Council officers are working on ways of allowing taller buildings on the outskirts of Oxford.
The long-running question over how buildings can be taller while protecting the historic views of the centre of the city was debated at Oxford Social on October 17 when David Butler, head of planning and regulatory services at Oxford City Council (pictured seated to the right facing delegates) answered questions.
In a session moderated by UK Property Forums consultant Hugh Blaza, Mr Butler said: “It is the development of those long views, sitting behind the spires is the thing that we end up in a bit of contest with, with developers.

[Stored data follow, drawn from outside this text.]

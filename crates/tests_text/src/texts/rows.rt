//! Rows that are read in one pass, against the same rows byte by byte, which are read by their words.

use crate::checks::holds_for;
use crate::texts::{HEADER, take_rows};
use std::alloc::Global;
use std::process::Abort;
use std::test::Fail;

/// Digits of both cases, more than two blocks of 32: of a packet that is no data, of data with Q 0, and of data with Q 1.
const DIGITS: [&[u8]; 3] = [
    b"0123456789abcdefABCDEF9876543210fedcbaFEDCBA0123456789abcdefABCDEF9876",
    b"1001006789abcdefABCDEF9876543210fedcbaFEDCBA0123456789abcdefABCDEF9876",
    b"9001006789abcdefABCDEF9876543210fedcbaFEDCBA0123456789abcdefABCDEF9876",
];

/// Digits of data with Q 0, more than 32 and two blocks of 64 after these.
const LONG_DIGITS: &[u8] =
    b"1001006789abcdefABCDEF9876543210fedcbaFEDCBA0123456789abcdefABCDEF9876543210fedcbaFEDCBA0123456789abcdefABCDEF9876543210fedcbaFEDCBA0123456789abcdefABCDEF9876543210fedcba";

/// Lines that come after those that are tested, so that these lie far from the end.
const AFTER: &[u8] = b"1000 N 0123456789abcdefABCDEF9876543210fedcbaFEDCBA0123456789\n1001 T -\n";

/// Bytes that are no digits, beside the digits and far from them.
const OTHERS: [u8; 14] = [
    0, b'\t', b'\n', b' ', b'/', b':', b'@', b'G', b'`', b'g', 0x7f, 0x80, 0xb0, 0xff,
];

/// Numbers of 1 to 10 digits, and words that are no numbers.
const NUMBERS: [&[u8]; 14] = [
    b"1",
    b"12",
    b"123",
    b"1234",
    b"12345",
    b"123456",
    b"1234567",
    b"12345678",
    b"999999999",
    b"1234567890",
    b"0",
    b"01",
    b"1x",
    b"",
];

/// Lines say the same in one chunk and byte by byte.
fn check_lines(rt: &impl Abort, alloc: Global, text: &[u8]) {
    let (mut whole, mut parts) = (Vec::new(alloc), Vec::new(alloc));
    let answer = take_rows(alloc, HEADER, text, text.len(), &mut whole);
    let again = take_rows(alloc, HEADER, text, 1, &mut parts);
    let same = answer == again && whole.as_slice() == parts.as_slice();
    holds_for(rt, same, text);
}

/// So does the line of a row of these digits alone, and before others.
fn check_row(rt: &impl Abort, alloc: Global, number: &[u8], digits: &[u8]) -> Result<(), Fail> {
    let mut line = number.to_vec(alloc)?;
    line.extend_from_slice(b" T ")?;
    line.extend_from_slice(digits)?;
    line.push(b'\n')?;
    check_lines(rt, alloc, &line);
    line.extend_from_slice(AFTER)?;
    check_lines(rt, alloc, &line);
    Ok(())
}

/// Rows of the first of these digits, of each length.
fn check_lengths(rt: &impl Abort, alloc: Global, digits: &[u8]) -> Result<(), Fail> {
    for count in 0..=digits.len() {
        check_row(rt, alloc, b"7", &digits[..count])?;
    }
    Ok(())
}

#[test]
fn digits_of_each_length_are_read_in_one_pass(rt: HostRuntime) -> Result<(), Fail> {
    for digits in DIGITS {
        check_lengths(&rt, rt.alloc(), digits)?;
    }
    check_lengths(&rt, rt.alloc(), LONG_DIGITS)?;
    for number in NUMBERS {
        check_row(&rt, rt.alloc(), number, DIGITS[1])?;
    }
    Ok(())
}

/// Puts each other byte at each place of these digits from one on.
fn check_places(rt: &impl Abort, alloc: Global, digits: &[u8], from: usize) -> Result<(), Fail> {
    for place in from..digits.len() {
        for other in OTHERS {
            let mut changed = digits.to_vec(alloc)?;
            if let Some(byte) = changed.get_mut(place) {
                *byte = other;
            }
            check_row(rt, alloc, b"7", &changed)?;
        }
    }
    Ok(())
}

#[test]
fn each_other_byte_is_seen_at_each_place(rt: HostRuntime) -> Result<(), Fail> {
    for digits in DIGITS {
        check_places(&rt, rt.alloc(), digits, 0)?;
    }
    check_places(&rt, rt.alloc(), LONG_DIGITS, 64)
}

“So we are beginning to carefully release some of that tight regime that we had on that, understanding that we’ve got the statutory and moral duty to hand the city on better, if possible, than we found it ourselves, whilst also allowing the growth we want to see happen.”
He said some bespoke work had gone on with Historic England and Homes England.
He went on: “We are looking at ‘what does more height look like in this space?’ where we can hopefully get our heritage colleagues into a space where they might be able to find lower levels of less than substantial harm to the conservation area, so it’s a really difficult place.
“We don’t want to throw the baby out with the bath water but we do accept that more height is coming and it’s how we find the right places for that. What we don’t want is a big doughnut of height all around the city, we’ve got to balance those things off.
“What has fundamentally changed over the last five years is the size of the floorplates that are needed in terms of the R&D space coming forward.”
Oxford’s Local Plan was recently rejected by the Planning Inspectorate over the lack of consultation with South Oxfordshire and Vale of White Horse district councils and Mr Butler said, without those councils taking more homes, the city’s acute affordability issue will increase.
He said: “What will happen is we just won’t have enough homes. The employment growth in Oxford will continue because it’s on already allocated employment land. We will work with people and obviously won’t be refusing things so we will be creating more and more jobs and there simply won’t be the homes being built for them.”
Mr Butler said the council hopes the NPPF revisions will give it powers to increase the number of homes neighbouring authorities have to take to meet the city’s unmet need. Otherwise he predicted serious effects.
He added: “It will force house prices up further, increase the homelessness issue – all the bad things that we need to deal with, so we will be making representations saying ‘there’s not enough growth, clearly we have an unmet need, clearly we are not meeting it, we need to put more homes into our system’. We will see how that goes.”
Earlier, Brendan Hattam, centre director for Westgate Oxford & Castle Quarter, explained the Westgate’s success and answered questions.
He said a retail destination now has to be more than a shopping centre. The Westgate, he said, is normally trading 18 hours a day and has a 24-hour gym.
Addressing the issue of the effect of Oxford’s radical transport measures on the centre, Mr Hattam revealed statistics of customer travelling patterns.
He said: “Only 29 per cent of our visitors come in by car, which is incredibly low for a city centre shopping centre, it’s normally around 75 per cent. It’s about 90 – 95 per cent in out of town shopping centres so 29 per cent is very small. It shows you how we have had to adapt to the traffic situation in Oxford.”